XHTML is not the next generation HTML. XHTML is a reformulation of HTML as an XML application.
XHTML 1.0 is a reformulation of HTML 4.01 as an XML application, and, for example, can be used to store the contents of a blog articles and comments inside enclosing XML files, and then, be served either as XHTML or HTML... A translation from XHTML to HTML being possible, ensuring that bandwidth is saved by omitting useless tags, and using tag minimization.However, HTML5/XHTML5 and XHTML 2.0 seems to fork... In my opinion, this is a bad thing, and may cause many problems. Personally, I don't like the way HTML5 is taking... Making it a non-SGML application because... Just because no browser on earth is correct enough to use a SGML parser... So, this becomes, de facto standard.Nevertheless, HTML5 and XHTML5 will be equivalent languages with different syntaxes.
Once again, XHTML is not the latest version of HTML. HTML 4.01 and 5 are the latest versions.
HTML5 is not the latest version... It's the "next" version, and isn't likely to be released before some time.Well, once, I sent a bug report to some browser vendor for a defect in the support of HTML 4.01, and they answered that it is "irrevelant", because this HTML feature wouldn't be present in HTML5...So, you're somehow right, HTML5 is already in use for not fixing bugs in current browsers, because HTML5 is about admitting that current tools are broken and normalize their current broken behavior. e.g. Microsoft doesn't really participate to this working group, but everything will be done to adapt the standard to make IE conforming.Okay, I stop bashing HTML5. HTML5 has good sides too.
No. It does not.

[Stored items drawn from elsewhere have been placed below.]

// Closed walks whose shifts are independent.
ghost use Rattle.std.specs.Prelude.{◌≡◌, ◌≢◌, ◌↔◌, ◌*◌, pos, None, All, Contains, IfSome, IsTrue, not};
ghost use Rattle.integers.specs.Vectors.{zero_vector, cross, dot, HasDimension, IsWithin};
ghost use Rattle.periodic_net.specs.Limits.{most_closed};
ghost use Rattle.standard_map.specs.CellBounds.{most_minor};
ghost use Rattle.standard_map.specs.Turns.{AreFull, AreIndependentTurns};

use crate::Cells;
use crate::turns::Turn;
use vecdim::{Triple, Vect};

/// Three shifts of closed walks, and what they are carried to.
#[derive(Clone, Copy)]
pub struct Carried {
    pub shifts: Cells,
    pub images: Cells,
}

// The first turn whose shift is not 0.
fn first_some<const D: usize>(turns: &[Turn<D>]) -> Option<Turn<D>>
    ensures found { IfSome result (Contains turns.now) }
    ensures some { IfSome result (λ t. t.shift ≢ zero_vector) }
    ensures none { result ≡ None → All (λ t. t.shift ≡ zero_vector) turns.now }
{
    turns.iter().copied().find(
        |turn| -> bool
            ensures { IsTrue (not result) ↔ (turn.now.shift ≡ zero_vector) }
        { !turn.shift.is_zero() },
    )
}

// The first turn whose shift is not on the line of v.
fn first_apart<const D: usize>(turns: &[Turn<D>], v: &Vect<D>) -> Option<Turn<D>>
    ensures found { IfSome result (Contains turns.now) }
    ensures some { IfSome result (λ t. cross v.now t.shift ≢ zero_vector) }
    ensures none { result ≡ None → All (λ t. cross v.now t.shift ≡ zero_vector) turns.now }
{
    turns.iter().copied().find(
        |turn| -> bool
            ensures { IsTrue (not result) ↔ (cross v.entry.now turn.now.shift ≡ zero_vector) }
        { !v.is_parallel(&turn.shift) },
    )
}

// The first turn whose shift is not orthogonal to c.
fn first_off<const D: usize>(turns: &[Turn<D>], c: &Triple) -> Option<Turn<D>>
    requires small { All (λ t. IsWithin most_closed t.shift) turns.now }
    requires c { IsWithin most_minor c.now }
    ensures found { IfSome result (Contains turns.now) }
    ensures some { IfSome result (λ t. dot c.now t.shift ≢ pos 0) }
    ensures none { result ≡ None → All (λ t. dot c.now t.shift ≡ pos 0) turns.now }
{
    turns.iter().copied().find(
        |turn| -> bool
            requires small { IsWithin most_closed turn.now.shift }
            requires c { IsWithin most_minor c.now }
            ensures { IsTrue (not result) ↔ (dot c.entry.now turn.now.shift ≡ pos 0) }
        { !turn.shift.is_orthogonal(c) },
    )
}

// The cross product of two shifts.
fn normal<const D: usize>(a: &Vect<D>, b: &Vect<D>) -> Triple
    requires a { IsWithin most_closed a.now }
    requires b { IsWithin most_closed b.now }
    ensures value { result ≡ cross a.now b.now }
    ensures within { IsWithin most_minor result }
{
    a.to_triple().cross(&b.to_triple())
}

// Two turns, and a third one.
fn three<const D: usize>(a: &Turn<D>, b: &Turn<D>, shift: Triple, image: Triple) -> Carried
    ensures first { result.shifts.first ≡ a.now.shift }
    ensures second { result.shifts.second ≡ b.now.shift }
    ensures third { result.shifts.third ≡ shift }
    ensures first_image { result.images.first ≡ a.now.image }
    ensures second_image { result.images.second ≡ b.now.image }
    ensures third_image { result.images.third ≡ image }
    ensures first_dimension { HasDimension D a.now.shift }
    ensures second_dimension { HasDimension D b.now.shift }
{
    Carried {
        shifts: Cells {
            first: a.shift.to_triple(),
            second: b.shift.to_triple(),
            third: shift,
        },
        images: Cells {
            first: a.image.to_triple(),
            second: b.image.to_triple(),
            third: image,
        },
    }
}

// Two turns that are not on one line, with a third one that is not in their plane; in dimension 2
// the third is (0, 0, 1).
fn with_third<const D: usize>(turns: &[Turn<D>], a: &Turn<D>, b: &Turn<D>) -> Carried
    requires small { All (λ t. IsWithin most_closed t.shift) turns.now }
    requires full { AreFull D turns.now }
    requires a { Contains turns.now a.now }
    requires b { Contains turns.now b.now }
    requires apart { cross a.now.shift b.now.shift ≢ zero_vector }
    ensures { AreIndependentTurns D turns.now result.shifts result.images }
{
    if D == 2 {
        let up = Triple { x: 0, y: 0, z: 1 };
        return three(a, b, up, Triple { x: 0, y: 0, z: 0 });
    }
    match first_off(turns, &normal(&a.shift, &b.shift)) {
        Some(t) => three(a, b, t.shift.to_triple(), t.image.to_triple()),
        None => unreachable!(),
    }
}

// Independent turns, of which a is the first.
fn with_second<const D: usize>(turns: &[Turn<D>], a: &Turn<D>) -> Carried
    requires small { All (λ t. IsWithin most_closed t.shift) turns.now }
    requires full { AreFull D turns.now }
    requires a { Contains turns.now a.now }
    requires some { a.now.shift ≢ zero_vector }
    ensures { AreIndependentTurns D turns.now result.shifts result.images }
{
    match first_apart(turns, &a.shift) {
        Some(b) => with_third(turns, a, &b),
        None => unreachable!(),
    }
}

/// Independent turns.
pub fn independent<const D: usize>(turns: &[Turn<D>]) -> Carried
    requires small { All (λ t. IsWithin most_closed t.shift) turns.now }
    requires full { AreFull D turns.now }
    ensures { AreIndependentTurns D turns.now result.shifts result.images }
{
    match first_some(turns) {
        Some(a) => with_second(turns, &a),
        None => unreachable!(),
    }
}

It recommends the opposite.
I understood that the W3C didn't specifically recommend using upper case, but only told that, for the sake of clarity, they would use, in the W3C standard document, uppercase letters for element names and lowercase letters for attributes.This paragraph is in the "Document conventions" section.The point is to make a clear difference, in the standard paper, between these two types of tokens.Similarly, if you read some other standard papers, you may see that, there are conventions such as underlining identifiers and highlighting keywords to make them appear differently... That doesn't mean you must (or even can) do it in real code.However, it's sure that, the W3C endorses this practice, and, a normal author who read the W3C standard, would normally tend to use this canonical notation.Moreover, the sentence "the convention is meant to encourage readability", seems to indicate that this convention is not limited to their document, otherwise I don't see why they would have used the word "encourage".So, you're right.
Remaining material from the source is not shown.